A quick summary of the other three Ads of the Week because there's a lot
of news to get through. Love this new ad for Nokia, also by Wieden
& Kennedy London. While we're on the subject of mobile phones,
this viral ad for no-contract, no-bills US service provider Net10
is by creative boutique Droga5, and shows you what you always
suspected about wireless companies. Finally, a great set of short ads for Coca-Cola's
Euro 08 football sponsorship campaign by the new London office of
Argentinean creative shop Santo.
In the news this past
two weeks: Advertisers
Media and financial analysts have been getting
very excited over news that InBev, a brewer with a dominant presence in
Europe and Latin America, is preparing a mammoth $46bn bid for American
gorilla Anheuser-Busch. The latter's shares rose sharply on the news,
despite a reported vow from the US company's executive chairman August Busch IV
that no such deal would happen "on my watch". InBev is said to
have lined up a Plan B scenario in case the Anheuser approach fails: to go
after SABMiller instead. Both strategies have cool codenames. The Anheuser bid is
known within InBev and its advisers as "Project Aluminum", while SABMiller is
"Project Barium". Meanwhile, in
Australia, soft drinks bottler Coca-Cola Amatil was said to be considering
the feasibility of a bid for local wine and beer group Foster's.
There's plenty of jostling for space at the top of the tables in the
global telecoms industry. Merger talks between MTN of South Africa and
Bharti Airtel
of India collapsed abruptly two weeks ago.
India's leading wireless company, Bharti had been negotiating to acquire MTN, but
talks ended when the latter attempted to restructure the deal at a late
stage for political
reasons, proposing that it, rather than Bharti, become the buyer, making the India
company the subsidiary business. As soon as Bharti pulled out, MTN was
approached instead by rival Indian operator Reliance. Those talks are
continuing. Once again, MTN is insisting on the role of senior partner in
the merger. This doesn't appear to bother Reliance chairman Anil Ambani,
who would swap his 66% holding for a 30%
stake in the combined business, making him its biggest shareholder by far.
Though slightly smaller than an MTN-Bharti tie-up would have been, a
combined MTN-Reliance would be the
world's biggest emerging markets wireless provider, with more than 120m
customers in 20 countries across south Asia, Africa and the Middle East.
The prospect of that deal has prompted action from Vodafone, also
active in both South Africa and India. The British company made an informal
offer to increase its 50% shareholding in South African partnership Vodacom
to over 60%. Meanwhile, Vodafone's US partner Verizon Wireless, a
joint venture with Verizon Communications, sealed a deal to acquire the
country's #5 operator, Alltel, for $28bn in cash and debt. The addition of
Alltel's 13.2m customers to Verizon Wireless's 67.2m will catapult the
combined business back into the #1 position, lost two years ago to
AT&T, which currently serves 71.4m customers. If concluded, these
deals will be the last under Vodafone CEO Arun Sarin, who announced plans to step
down at
the end of July. He
will be replaced by his deputy, Vittorio Colao, currently CEO for Western Europe.

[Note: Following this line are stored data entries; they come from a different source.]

//! Chains as they are printed, which contracts see as lists of terms.
ghost use Rattle.std.specs.Prelude.{◌≡◌};

use elem_cubes::Cell;
use std::marker::Model;

/// The terms of a chain: generators with coefficients, in the order in which they are printed.
#[derive(Debug, Drop)]
pub struct Terms<G> {
    terms: Vec<(G, u16)>,
}

/// A chain of cells.
pub type CellChain = Terms<Cell>;

/// A chain of generators of one degree of a chain file, which are numbered from 1.
pub type GeneratorChain = Terms<u32>;

impl<G> Model for Terms<G> {
    ghost use Rattle.std.specs.Prelude.{List, ℕ};

    ghost Value = { List (G × ℕ) };

    ghost view = { λ t. t.terms.items };
}

impl<G> Terms<G> {
    /// These terms.
    pub fn of(terms: Vec<(G, u16)>) -> Terms<G>
        ensures { result ≡ terms.items }
    {
        Terms { terms }
    }

    /// The terms in order.
    pub fn as_slice(&self) -> &[(G, u16)]
        ensures { result.now ≡ self.now }
    {
        self.terms.as_slice()
    }

    /// Gives the terms back.
    pub fn into_vec(self) -> Vec<(G, u16)>
        ensures { result.items ≡ self }
    {
        self.terms
    }
}
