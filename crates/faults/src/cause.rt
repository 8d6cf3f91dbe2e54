//! Why a text is refused at a place.
ghost use Rattle.std.specs.Prelude.{◌≡◌, Some};
ghost use Rattle.faults.specs.FaultText.{cause_text};

use std::fmt;

/// Why the text of a file is refused at a place.
#[derive(Clone, Copy, Debug, PartialEq, Eq)]
pub enum Cause {
    BadByte,
    BadNumber,
    NotClosed,
    MixedDimension,
    DimensionTooLarge,
    CoordinateTooLarge,
    NotElementary,
    NotFull,
    UnknownGenerator,
    RepeatedGenerator,
}

impl Cause {
    /// The cause as it is printed.
    pub fn as_str(self) -> &'static str
        ensures { result.now ≡ cause_text self }
    {
        match self {
            Cause::BadByte => "bad byte",
            Cause::BadNumber => "bad number",
            Cause::NotClosed => "not closed",
            Cause::MixedDimension => "mixed dimension",
            Cause::DimensionTooLarge => "dimension too large",
            Cause::CoordinateTooLarge => "coordinate too large",
            Cause::NotElementary => "not an elementary cube",
            Cause::NotFull => "not a full cube",
            Cause::UnknownGenerator => "unknown generator",
            Cause::RepeatedGenerator => "repeated generator",
        }
    }
}

impl fmt::Display for Cause {
    ghost output = { λ c. Some (cause_text c) };

    fn fmt<W: fmt::Write>(&self, f: &mut fmt::Formatter<W>) -> fmt::Result {
        f.write_str(self.as_str())
    }
}
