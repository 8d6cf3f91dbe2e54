//! Generators of chains, as they are printed.
ghost use Rattle.std.specs.Prelude.{◌≡◌, ◌++◌, OnOk, List, ℕ};
ghost use Rattle.faults.specs.ChainText.{cell_text, number_text};

use corner_texts::put_corner;
use elem_cubes::Cell;
use itoa::Buffer;
use std::alloc::AllocError as NoMemory;

/// A generator that has a text.
pub trait Generator {
    /// How it is printed.
    ghost text: { Self → List ℕ };

    /// Adds its text.
    fn put(&self, to: &mut Vec<u8>) -> Result<(), NoMemory>
        ensures { OnOk result (to.new.items ≡ to.old.items ++ text self.now) };
}

impl Generator for Cell {
    ghost text = { cell_text };

    fn put(&self, to: &mut Vec<u8>) -> Result<(), NoMemory> {
        to.extend_from_slice(b"[")?;
        put_corner(to, &self.lower())?;
        put_corner(to, &self.upper())?;
        to.extend_from_slice(b"]")
    }
}

impl Generator for u32 {
    ghost text = { number_text };

    fn put(&self, to: &mut Vec<u8>) -> Result<(), NoMemory> {
        let mut buffer = Buffer::new();
        to.extend_from_slice(b"#")?;
        to.extend_from_slice(buffer.format(*self).as_bytes())
    }
}
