//! Why a run did not print its report: faults with their lines and their statuses, and names, cells
//! and chains as they are printed.
#![tactic(auto)]

mod cause;
mod chain;
mod fault;
mod generator;
mod index_lines;
mod law;
mod limit_name;
mod map_lines;
mod name;
mod status;
mod terms;

pub use cause::Cause;
pub use chain::put_chain;
pub use fault::{Fault, fault_text};
pub use generator::Generator;
pub use law::Law;
pub use limit_name::LimitName;
pub use name::Name;
pub use status::Status;
pub use terms::{CellChain, GeneratorChain, Terms};
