//! Chains as they are printed.
ghost use Rattle.std.specs.Prelude.{◌≡◌, ◌++◌, OnOk};
ghost use Rattle.faults.specs.ChainText.{term_text, chain_text};

use crate::generator::Generator;
use crate::terms::Terms;
use itoa::Buffer;
use std::alloc::AllocError as NoMemory;

/// Adds a chain: its terms in order, each but the first behind a plus.
/// One without terms has no text.
pub fn put_chain<G: Generator>(to: &mut Vec<u8>, chain: &Terms<G>) -> Result<(), NoMemory>
    ensures { OnOk result (to.new.items ≡ to.old.items ++ chain_text G.text chain.now) }
{
    let [first, rest @ ..] = chain.as_slice() else {
        return Ok(());
    };
    put_term(to, first)?;
    for term in rest {
        to.extend_from_slice(b" + ")?;
        put_term(to, term)?;
    }
    Ok(())
}

// Adds a term.
fn put_term<G: Generator>(to: &mut Vec<u8>, term: &(G, u16)) -> Result<(), NoMemory>
    ensures { OnOk result (to.new.items ≡ to.old.items ++ term_text G.text term.now) }
{
    let mut buffer = Buffer::new();
    let (generator, coefficient) = term;
    to.extend_from_slice(buffer.format(*coefficient).as_bytes())?;
    to.extend_from_slice(b" * ")?;
    generator.put(to)
}
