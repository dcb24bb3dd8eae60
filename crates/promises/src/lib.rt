// What the library promises, as named statements in specs/, and their proofs, in proofs/. This crate has no code: the contracts of the
// functions cite the same definitions, those of `rfc`.
#![tactic(auto)]
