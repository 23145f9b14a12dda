// Document 01, "The frame program", as definitions. What answers a line is the crate frame.
#![tactic(auto)]

use arithmetic::Triple;
use layout::node::Op;

// A frame, its numbers read. A line that is none asks for nothing.
#[derive(Clone, Copy)]
pub enum Request {
    Start(u64),
    Input(u64, u64),
    Challenge(u64),
    Base(u64),
    Extension(Triple),
    Operation(Op, u64, u64),
    Subtract(u64, u64),
    Negate(u64),
    Root(u64),
    Lower(u64, u64, u64),
    Nothing,
}

// How many bytes a frame has, its opcode included, and what it asks for if it has so many.
#[derive(Clone, Copy)]
pub struct Form(pub usize, pub Request);

// A number alone; the number, and if that is 0, an id; the number, and if that is 0, how many of each list. Numbers and no refusals: the definitions
// make a reply of what an outcome tells (`bare`, `id_answer`, `lower_answer`), and its number may be any.
#[derive(Clone, Copy)]
pub enum Reply {
    Bare(u64),
    Id(u64, u64),
    Counts(u64, u64, u64),
}
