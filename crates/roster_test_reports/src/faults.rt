//! Reports that are refused.

use crate::given::{book, fault_of};
use roster_desk_reports::{
    ReportFault, Wrong, assigns_text, read_known_roster, read_report, read_roster, unknown_text,
};
use roster_model::limits::MOST_PAIRINGS;
use std::alloc::{AllocError, Global};
use std::test::Fail;

#[test]
fn lines_that_no_report_has_are_told(rt: HostRuntime) -> Result<(), Fail> {
    let problem = book(rt.alloc())?;
    for &(text, line, wrong) in &[
        ("", 1, Wrong::NoReport),
        ("\n \r\n", 1, Wrong::NoReport),
        ("CHECK 2024-03\n", 1, Wrong::NoReport),
        ("roster 2024-03\n", 1, Wrong::NoReport),
        ("ROSTER\n", 1, Wrong::NoReport),
        ("ROSTER 2024-03 A\n", 1, Wrong::NoReport),
        ("\nROSTER 2024-3\n", 2, Wrong::NoReport),
        ("CREW A 0 0 0 0 0 P1\nROSTER 2024-03\n", 1, Wrong::NoReport),
        ("ROSTER 2024-03\nCREWS\n", 2, Wrong::UnknownLine),
        ("ROSTER 2024-03\n\nROSTER 2024-03\n", 3, Wrong::UnknownLine),
        (
            "ROSTER 2024-03\ncrew A 0 0 0 0 0 P1\n",
            2,
            Wrong::UnknownLine,
        ),
        ("ROSTER 2024-03\nCREW\n", 2, Wrong::CrewForm),
        ("ROSTER 2024-03\nCREW A 0 0 0 0 0\n", 2, Wrong::CrewForm),
        ("ROSTER 2024-03\nCREW A 0 0 0 0 P1 P2\n", 2, Wrong::CrewForm),
        ("ROSTER 2024-03\nCREW A 0 0 -1 0 0 P1\n", 2, Wrong::CrewForm),
        ("ROSTER 2024-03\nCREW _A 0 0 0 0 0 P1\n", 2, Wrong::CrewForm),
        ("ROSTER 2024-03\nCREW - 0 0 0 0 0 P1\n", 2, Wrong::CrewForm),
        (
            "ROSTER 2024-03\nCREW A 0 0 0 0 0 P1,P2\n",
            2,
            Wrong::CrewForm,
        ),
        (
            "ROSTER 2024-03\nCREW A 0 0 0 0 0 P0123456789ABCDEF\n",
            2,
            Wrong::CrewForm,
        ),
        // Before what the book doesn't have.
        (
            "ROSTER 2024-04\nCREW G 0 0 0 0 0 P1\nCREW A\n",
            3,
            Wrong::CrewForm,
        ),
    ] {
        let fault = Some((line, wrong));
        let bytes = text.as_bytes();
        assert!(rt; fault_of(read_report(rt.alloc(), bytes)) == fault, "{text}");
        assert!(rt;
            fault_of(read_roster(rt.alloc(), &problem, bytes)) == fault,
            "{text}"
        );
        assert!(rt;
            fault_of(read_known_roster(rt.alloc(), &problem, bytes)) == fault,
            "{text}"
        );
        assert!(rt;
            fault_of(unknown_text(rt.alloc(), &problem, bytes)) == fault,
            "{text}"
        );
    }
    Ok(())
}

#[test]
fn lines_that_the_book_cannot_have_are_told(rt: HostRuntime) -> Result<(), Fail> {
    let problem = book(rt.alloc())?;
    for &(text, line, wrong, is_known) in &[
        ("ROSTER 2024-04\n", 1, Wrong::OtherMonth, true),
        (
            "\n\nPLAN 2023-03\nCREW G 0 0 0 0 0 -\n",
            3,
            Wrong::OtherMonth,
            true,
        ),
        (
            "ROSTER 2024-03\nCREW A 0 0 0 0 0 P1 P1\n",
            2,
            Wrong::GivenTwice,
            true,
        ),
        (
            "ROSTER 2024-03\nCREW A 0 0 0 0 0 P1\nCREW B 0 0 0 0 0 P2 P1\n",
            3,
            Wrong::GivenTwice,
            true,
        ),
        (
            "ROSTER 2024-03\n\nCREW G 0 0 0 0 0 -\n",
            3,
            Wrong::UnknownPerson,
            false,
        ),
        (
            "ROSTER 2024-03\nCREW a 0 0 0 0 0 P11\n",
            2,
            Wrong::UnknownPerson,
            false,
        ),
        (
            "ROSTER 2024-03\nCREW A 0 0 0 0 0 P1 P11\n",
            2,
            Wrong::UnknownPairing,
            false,
        ),
    ] {
        let bytes = text.as_bytes();
        assert!(rt; read_report(rt.alloc(), bytes).is_ok(), "{text}");
        assert!(rt; unknown_text(rt.alloc(), &problem, bytes).is_ok(), "{text}");
        let fault = Some((line, wrong));
        assert!(rt;
            fault_of(read_roster(rt.alloc(), &problem, bytes)) == fault,
            "{text}"
        );
        let known = fault_of(read_known_roster(rt.alloc(), &problem, bytes));
        assert!(rt; known == if is_known { fault } else { None }, "{text}");
    }
    Ok(())
}

/// A report whose one `CREW` line gives so many pairings.
fn of_pairings(alloc: Global, count: usize) -> Result<Vec<u8>, AllocError> {
    let mut text = Vec::from_slice(alloc, b"ROSTER 2024-03\nCREW A 0 0 0 0 0")?;
    for i in 0..count {
        let name = format!(in alloc; " X{i}")?;
        text.extend_from_slice(name.as_bytes())?;
    }
    Ok(text)
}

#[test]
fn a_report_has_as_many_pairings_as_a_book(rt: HostRuntime) -> Result<(), Fail> {
    let text = of_pairings(rt.alloc(), MOST_PAIRINGS)?;
    let report = read_report(rt.alloc(), text.as_slice())?;
    assert_eq!(rt; report.crew.len(), 1);
    assert_eq!(rt; report.crew[0].pairings.len(), MOST_PAIRINGS);
    let text = of_pairings(rt.alloc(), MOST_PAIRINGS + 1)?;
    let told = fault_of(read_report(rt.alloc(), text.as_slice()));
    assert!(rt; told == Some((2, Wrong::TooMany)));
    Ok(())
}

#[test]
fn records_of_a_pairing_twice_are_refused(rt: HostRuntime) -> Result<(), Fail> {
    for &(text, line) in &[
        ("ROSTER 2024-03\nCREW A 0 0 0 0 0 P1 P2 P1\n", 2),
        (
            "ROSTER 2024-03\nCREW A 0 0 0 0 0 P1\n\nCREW B 0 0 0 0 0 P1\n",
            4,
        ),
    ] {
        let report = read_report(rt.alloc(), text.as_bytes())?;
        let told = fault_of(assigns_text(rt.alloc(), &report));
        assert!(rt; told == Some((line, Wrong::GivenTwice)), "{text}");
    }
    Ok(())
}

#[test]
fn faults_are_told_in_a_sentence(rt: HostRuntime) -> Result<(), Fail> {
    for &(wrong, sentence) in &[
        (
            Wrong::NoReport,
            "line 4: a report begins with ROSTER or PLAN and a month",
        ),
        (Wrong::OtherMonth, "line 4: the book is of another month"),
        (
            Wrong::UnknownPairing,
            "line 4: the book has no such pairing",
        ),
        (Wrong::UnknownPerson, "line 4: the book has no such person"),
        (
            Wrong::GivenTwice,
            "line 4: a pairing is given a second time",
        ),
    ] {
        let fault = ReportFault::At { line: 4, wrong };
        let found = format!(in rt.alloc(); "{fault}")?;
        assert!(rt; found.as_str() == sentence, "{sentence}");
    }
    Ok(())
}
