//! A book, and what is told of a report.

use roster_book::BookFault;
use roster_desk_reports::{ReportFault, Wrong};
use roster_problem::Problem;
use roster_test_books::{TWO_DAYS, problem_of};
use std::alloc::Global;

/// The book of March 2024: the persons are A to F, and the pairings P1 to P10.
pub(crate) fn book(alloc: Global) -> Result<Problem, BookFault> {
    problem_of(alloc, TWO_DAYS)
}

/// The line and what is wrong with it, if the report is refused.
pub(crate) fn fault_of<T: Drop>(told: Result<T, ReportFault>) -> Option<(usize, Wrong)> {
    match told {
        Err(ReportFault::At { line, wrong }) => Some((line, wrong)),
        _ => None,
    }
}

Elsewhere, France Telecom offered to acquire Scandinavian rival
TeliaSonera for around E30bn. That bid was rejected, but the French
company said it would consider other ways of sweetening a potential deal,
which would create Europe's biggest phone company. UK communications
group Cable & Wireless made an informal approach to acquire Thus,
the smaller UK-based telecoms group whose brands include internet service
provider Demon. In Japan, Apple agreed to supply the iPhone to #3
operator Softbank Mobile, which runs the former Vodafone Japan
service.
French companies were under pressure again in China as a
result of a public relations gaffe by actress Sharon Stone, now best-known
as a spokesmodel for LVMH's Christian Dior cosmetics line. Interviewed at
the Cannes Film Festival by a Hong Kong TV news channel, Stone reiterated
her support for the Dalai Lama ("a good friend of mine"),
and went on to suggest that the catastrophic earthquake which recently
devastated the Sichuan region, in which almost 70,000 people perished, might have been caused by "bad karma".
"I am not happy about the way the Chinese are treating the Tibetans,"
she said, "because I don't think anyone should be unkind to anyone
else... And then this earthquake and all this stuff happened and I
thought, Is that karma, when you're not nice that the bad things happen to
you?". The story was widely
reported in the Chinese press, causing the owner of one of the country's
biggest cinema chains to refuse to show any future films in which Stone appears.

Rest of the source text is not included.